Task: Write out, exactly as they stand, the line containing "length totals.new.items ≡" and all subsequent lines up to and including the final line of the records.

─── Recorded data

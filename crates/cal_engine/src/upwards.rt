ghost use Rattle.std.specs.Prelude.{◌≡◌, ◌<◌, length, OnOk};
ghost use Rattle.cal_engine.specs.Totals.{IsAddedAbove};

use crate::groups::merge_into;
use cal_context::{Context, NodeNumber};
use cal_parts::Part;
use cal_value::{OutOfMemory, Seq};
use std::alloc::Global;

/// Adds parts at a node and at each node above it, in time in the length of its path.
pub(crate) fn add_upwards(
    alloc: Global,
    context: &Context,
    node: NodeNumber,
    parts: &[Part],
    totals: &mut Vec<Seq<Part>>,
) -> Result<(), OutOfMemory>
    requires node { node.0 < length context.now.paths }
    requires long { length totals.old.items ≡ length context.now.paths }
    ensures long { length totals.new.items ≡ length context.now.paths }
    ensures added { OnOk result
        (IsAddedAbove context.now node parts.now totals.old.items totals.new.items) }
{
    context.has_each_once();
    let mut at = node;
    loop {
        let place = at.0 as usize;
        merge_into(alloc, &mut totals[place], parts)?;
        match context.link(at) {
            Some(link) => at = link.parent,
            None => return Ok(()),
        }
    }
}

──────

Answer area:
    ensures long { length totals.new.items ≡ length context.now.paths }
    ensures added { OnOk result
        (IsAddedAbove context.now node parts.now totals.old.items totals.new.items) }
{
    context.has_each_once();
    let mut at = node;
    loop {
        let place = at.0 as usize;
        merge_into(alloc, &mut totals[place], parts)?;
        match context.link(at) {
            Some(link) => at = link.parent,
            None => return Ok(()),
        }
    }
}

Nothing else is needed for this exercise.